QMRCosmographiae Introductio (Saint-Dié, 1507) was a book published in 1507 to accompany Martin Waldseemüller's printed globe and wall-map (Universalis Cosmographia), which were the first appearance of the name 'America'. Waldseemüller’s maps and book, along with his 1513 edition of Ptolemy’s Geography, were very influential and widely copied at the time.

That part of the page of the 1507 (September) edition of the Cosmographiae Introductio in which the name of America is proposed for the New World. From Narrative and critical history of America, Volume 2 by Justin Winsor.
It is widely held to have been written by Matthias Ringmann although some historians attribute it to Waldseemüller himself. The book includes the reason for using the name America in the wall map and the globe, and contains a Latin translation of the four journeys of Amerigo Vespucci as an appendix.

The full title of the book is: "Cosmographiae introductio cum quibusdam geometriae ac astronomiae principiis ad eam rem necessariis. Insuper quatuor Americi Vespucii navigationes. Universalis Cosmographiae descriptio tam in solido quam plano, eis etiam insertis, quae Ptholomaeo ignota a nuperis reperta sunt."

(translation: Introduction to Cosmography With Certain Necessary Principles of Geometry and Astronomy To which are added The Four Voyages of Amerigo Vespucci A Representation of the Entire World, both in the Solid and Projected on the Plane, Including also lands which were Unknown to Ptolemy, and have been Recently Discovered)[1]

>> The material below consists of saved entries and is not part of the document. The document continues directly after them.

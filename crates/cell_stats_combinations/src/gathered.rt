//! Counts combinations of more than two maps side by side, and adds them to the list.

ghost use Rattle.std.specs.Prelude.{◌≡◌, ◌+◌, ◌*◌, ◌<◌, ◌^◌, ℕ, OnOk, IfOk, IsTrue, cond, drop, length, take};
ghost use Rattle.cell_stats_combinations.specs.Combinations.{Combination};
ghost use Rattle.cell_stats_combinations.specs.parts.Same.{are_same_combination};
ghost use Rattle.cell_stats_combinations.specs.Listed.{listed_count_of_combination, NoEntryCountIsZero};
ghost use Rattle.cell_stats_combinations.specs.SideBySide.{counted_combinations_of_flat_list, count_of_counted_combination, CountsMoreOfOneCombination, HasOneCombinationPerCount};

use crate::codes::{HASH_MULTIPLIER, code_of_cell};
use crate::combination::Combo;
use crate::scattered::{
    code_ranges_of_maps, combination_rank_in_ranges, map_count_with_fitting_ranks,
};
use cell_core::cell::Cell;
use cell_core::memory::Memory;
use std::alloc::Global;

// The number of places of the index in which a combination is searched. Among millions, some are far from their own
// place.
const INDEX_SLOTS_SEARCHED: usize = 1024;

// Initial number of places of the index.
const INITIAL_INDEX_SLOTS: usize = 1024;

// A place without a combination.
const EMPTY_INDEX_SLOT: u64 = u64::MAX;

// The lower half of a number.
const LOWER_HALF_MASK: u64 = u32::MAX as u64;

/// Combinations side by side, each with one cell per map, and the number of cells that have each.
///
/// Nothing is proved about the index, since the combinations at its places are compared. A combination that a search
/// misses is stored once more, and `sorted_entries_with_summed_counts` adds up equal entries at the end.
#[derive(Drop)]
pub struct CountedCombinations {
    pub(crate) cells: Vec<Cell>,
    pub(crate) counts: Vec<u64>,
    // A taken place has the upper half of a combination's number, and below it the place of the combination's count.
    index: Vec<u64>,
}

// Returns a number for a combination; each of its upper bits depends on every cell.
fn combination_hash(cells: &[Cell]) -> u64 {
    let mut number: u64 = 0;
    for cell in cells {
        number = (number.rotate_left(29) ^ code_of_cell(*cell)).wrapping_mul(HASH_MULTIPLIER);
    }
    number
}

// Returns the first place where a combination is searched, from the upper half of its number. The number of places is a
// power of two.
fn first_searched_index_slot(half: u64, places: usize) -> usize {
    (half as usize) & places.saturating_sub(1)
}

// Returns the cells of the combination at a place.
fn cells_of_combination_at(cells: &[Cell], width: usize, at: usize) -> &[Cell]
    ensures { result.now ≡ take width (drop (at * width) cells.now) }
{
    let from = at.saturating_mul(width).min(cells.len());
    let end = from.saturating_add(width).min(cells.len());
    &cells[from..end]
}

// Whether two combinations are equal.
fn are_equal_cell_lists(one: &[Cell], other: &[Cell]) -> bool
    ensures { IsTrue result → one.now ≡ other.now }
{
    if one.len() != other.len() {
        return false;
    }
    for (i, cell) in other.iter().enumerate() {
        if one[i] != *cell {
            return false;
        }
    }
    true
}

// Returns the place of a combination. If there is none, returns as an error a free place of the index near the
// combination's own, or its own place.
fn place_or_free_slot_of_combination(
    key: &[Cell],
    half: u64,
    table: &CountedCombinations,
) -> Result<usize, usize>
    ensures within { IfOk result (λ at. at < length table.now.counts.items) }
    ensures same { IfOk result (λ at.
        take (length key.now) (drop (at * length key.now) table.now.cells.items) ≡ key.now) }
{
    let index = table.index.as_slice();
    let own = first_searched_index_slot(half, index.len());
    let end = index.len().min(own.saturating_add(INDEX_SLOTS_SEARCHED));
    for slot in own..end {
        let place = index[slot];
        if place == EMPTY_INDEX_SLOT {
            return Err(slot);
        }
        let at = (place & LOWER_HALF_MASK) as usize;
        if place >> 32 == half && at < table.counts.len() {
            if are_equal_cell_lists(cells_of_combination_at(&table.cells, key.len(), at), key) {
                return Ok(at);
            }
        }
    }
    Err(own)
}

// Moves the contents of a place of an index into a larger index.
fn copy_slot_to_larger_index(index: &mut [u64], place: u64) {
    let own = first_searched_index_slot(place >> 32, index.len());
    let end = index.len().min(own.saturating_add(INDEX_SLOTS_SEARCHED));
    for slot in own..end {
        if index[slot] == EMPTY_INDEX_SLOT {
            index[slot] = place;
            return;
        }
    }
}

// Returns an index with twice as many places.
fn index_with_twice_as_many_slots(alloc: Global, index: &[u64]) -> Result<Vec<u64>, Memory> {
    let mut longer = vec![in alloc; EMPTY_INDEX_SLOT; index.len().saturating_mul(2)]?;
    for place in index {
        if *place != EMPTY_INDEX_SLOT {
            copy_slot_to_larger_index(longer.as_mut_slice(), *place);
        }
    }
    Ok(longer)
}

// Stores a new combination and its place in the index.
fn push_combination_and_index_it(
    alloc: Global,
    key: &[Cell],
    count: u64,
    place: usize,
    half: u64,
    table: &mut CountedCombinations,
) -> Result<(), Memory>
    requires side { HasOneCombinationPerCount (length key.now) table.old }
    ensures ok { OnOk result (CountsMoreOfOneCombination key.now count table.old table.new) }
    ensures side { OnOk result (HasOneCombinationPerCount (length key.now) table.new) }
{
    let at = table.counts.len();
    table.cells.extend_from_slice(key)?;
    table.counts.push(count)?;
    if let Some(named) = table.index.get_mut(place) {
        *named = half << 32 | at as u64 & LOWER_HALF_MASK;
    }
    if at >= table.index.len() / 2 {
        table.index = index_with_twice_as_many_slots(alloc, &table.index)?;
    }
    Ok(())
}

/// Counts cells of a combination.
///
/// # Errors
///
/// [`Memory`] if memory runs out.
pub fn add_to_count_of_combination(
    alloc: Global,
    key: &[Cell],
    count: u64,
    table: &mut CountedCombinations,
) -> Result<(), Memory>
    requires side { HasOneCombinationPerCount (length key.now) table.old }
    requires fits { count_of_counted_combination
        (length key.now) key.now table.old + count < 2 ^ 64 }
    ensures ok { OnOk result (CountsMoreOfOneCombination key.now count table.old table.new) }
    ensures side { OnOk result (HasOneCombinationPerCount (length key.now) table.new) }
{
    let half = combination_hash(key) >> 32;
    match place_or_free_slot_of_combination(key, half, table) {
        Ok(at) => {
            table.counts[at] += count;
            Ok(())
        }
        Err(place) => push_combination_and_index_it(alloc, key, count, place, half, table),
    }
}

// Adds an entry to the list, unless its count is 0.
fn push_entry_unless_zero(
    alloc: Global,
    cells: &[Cell],
    count: u64,
    entries: &mut Vec<(Combo, u64)>,
) -> Result<(), Memory>
    requires no_zero { NoEntryCountIsZero entries.old.items }
    ensures ok { OnOk result ((k : Combination) → listed_count_of_combination k entries.new.items
        ≡ listed_count_of_combination k entries.old.items + cond
        (are_same_combination k cells.now) count 0) }
    ensures no_zero { OnOk result (NoEntryCountIsZero entries.new.items) }
{
    if count == 0 {
        return Ok(());
    }
    let combo = Combo::from_cells(alloc, cells)?;
    entries.push((combo, count))?;
    Ok(())
}

// Adds the combinations side by side to the list.
fn push_counted_combinations(
    alloc: Global,
    width: usize,
    cells: &[Cell],
    counts: &[u64],
    entries: &mut Vec<(Combo, u64)>,
) -> Result<(), Memory>
    requires no_zero { NoEntryCountIsZero entries.old.items }
    ensures ok { OnOk result ((k : Combination) → listed_count_of_combination k entries.new.items
        ≡ listed_count_of_combination k entries.old.items + listed_count_of_combination k
        (counted_combinations_of_flat_list width cells.now counts.now)) }
    ensures no_zero { OnOk result (NoEntryCountIsZero entries.new.items) }
{
    for at in 0..counts.len() {
        push_entry_unless_zero(
            alloc,
            cells_of_combination_at(cells, width, at),
            counts[at],
            entries,
        )?;
    }
    Ok(())
}

// Returns the places of `many` combinations, sorted by their numbers.
fn places_of_sorted_combinations(
    alloc: Global,
    width: usize,
    cells: &[Cell],
    many: usize,
) -> Result<Vec<(u64, u32)>, Memory> {
    let ranges = code_ranges_of_maps(width, cells);
    let used = map_count_with_fitting_ranks(&ranges);
    let mut order = Vec::with_capacity(alloc, many)?;
    for at in 0..many.min(u32::MAX as usize) {
        order.push((
            combination_rank_in_ranges(&ranges[..used], cells_of_combination_at(cells, width, at)),
            at as u32,
        ))?;
    }
    order.sort_unstable();
    Ok(order)
}

// Moves the combination at a place, with its count, to the end of another table.
fn move_counted_combination(
    width: usize,
    cells: &[Cell],
    counts: &mut [u64],
    at: usize,
    to: &mut CountedCombinations,
) -> Result<(), Memory>
    requires side { HasOneCombinationPerCount width to.old }
    ensures ok { OnOk result ((k : Combination)
        → count_of_counted_combination width k to.new + listed_count_of_combination k
        (counted_combinations_of_flat_list width cells.now counts.new)
        ≡ count_of_counted_combination width k to.old + listed_count_of_combination k
        (counted_combinations_of_flat_list width cells.now counts.old)) }
    ensures side { OnOk result (HasOneCombinationPerCount width to.new) }
{
    let key = cells_of_combination_at(cells, width, at);
    if at >= counts.len() || key.len() != width {
        return Ok(());
    }
    to.cells.extend_from_slice(key)?;
    to.counts.push(counts[at])?;
    counts[at] = 0;
    Ok(())
}

// Moves all combinations to another table, sorted.
fn sorted_combination_table(
    alloc: Global,
    width: usize,
    from: &mut CountedCombinations,
) -> Result<CountedCombinations, Memory>
    ensures ok { IfOk result (λ to. (k : Combination)
        → count_of_counted_combination width k to + count_of_counted_combination width k from.new
        ≡ count_of_counted_combination width k from.old) }
{
    let order = places_of_sorted_combinations(alloc, width, &from.cells, from.counts.len())?;
    let mut to = CountedCombinations {
        cells: Vec::with_capacity(alloc, from.cells.len())?,
        counts: Vec::with_capacity(alloc, from.counts.len())?,
        index: Vec::new(alloc),
    };
    let cells = from.cells.as_slice();
    let counts = from.counts.as_mut_slice();
    for (_, at) in &order {
        move_counted_combination(width, cells, counts, *at as usize, &mut to)?;
    }
    Ok(to)
}

/// Adds the combinations of a table to the list, sorted.
///
/// # Errors
///
/// [`Memory`] if memory runs out.
pub fn push_sorted_combinations(
    alloc: Global,
    width: usize,
    mut table: CountedCombinations,
    entries: &mut Vec<(Combo, u64)>,
) -> Result<(), Memory>
    requires no_zero { NoEntryCountIsZero entries.old.items }
    ensures ok { OnOk result ((k : Combination) → listed_count_of_combination k entries.new.items
        ≡ listed_count_of_combination k entries.old.items + count_of_counted_combination width k
        table) }
    ensures no_zero { OnOk result (NoEntryCountIsZero entries.new.items) }
{
    table.index = Vec::new(alloc);
    let moved = sorted_combination_table(alloc, width, &mut table)?;
    push_counted_combinations(alloc, width, &table.cells, &table.counts, entries)?;
    table.cells = Vec::new(alloc);
    entries.reserve_exact(moved.counts.len())?;
    push_counted_combinations(alloc, width, &moved.cells, &moved.counts, entries)?;
    Ok(())
}

impl CountedCombinations {
    /// Returns a table without combinations.
    ///
    /// # Errors
    ///
    /// [`Memory`] if memory runs out.
    pub fn new(alloc: Global) -> Result<CountedCombinations, Memory>
        ensures none { IfOk result
            (λ table. (width : ℕ) (k : Combination)
            → count_of_counted_combination width k table ≡ 0) }
        ensures side { IfOk result (λ table. (width : ℕ) → HasOneCombinationPerCount width table) }
    {
        let index = vec![in alloc; EMPTY_INDEX_SLOT; INITIAL_INDEX_SLOTS]?;
        Ok(CountedCombinations {
            cells: Vec::new(alloc),
            counts: Vec::new(alloc),
            index,
        })
    }
}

Universalis Cosmographia (map of 1507)
The map of the world in 1507, entitled "Universalis cosmographia secundum Ptholomaei traditionem et Americi Vespucii aliorumque lustrationes", was published in an edition of 1000 copies, of which it seems only a single copy survives. The surviving copy was found in the library of Prince von Waldburg-Wolfegg-Waldsee in the Castle of Wolfegg in Württemberg. It was bought by the Library of Congress in 2001. This preservation seems to be due the several sheets being bound into a single cover by the cartographer, Johannes Schöner.

The map consists of twelve sections printed from woodcuts combined with metal types, each measuring 18 x 24.5 inches (46 x 62 cm). Each section is one of four, that form one of three zones. The map uses a modified Ptolemaic coniform projection with curved meridians to depict the entire surface of the Earth.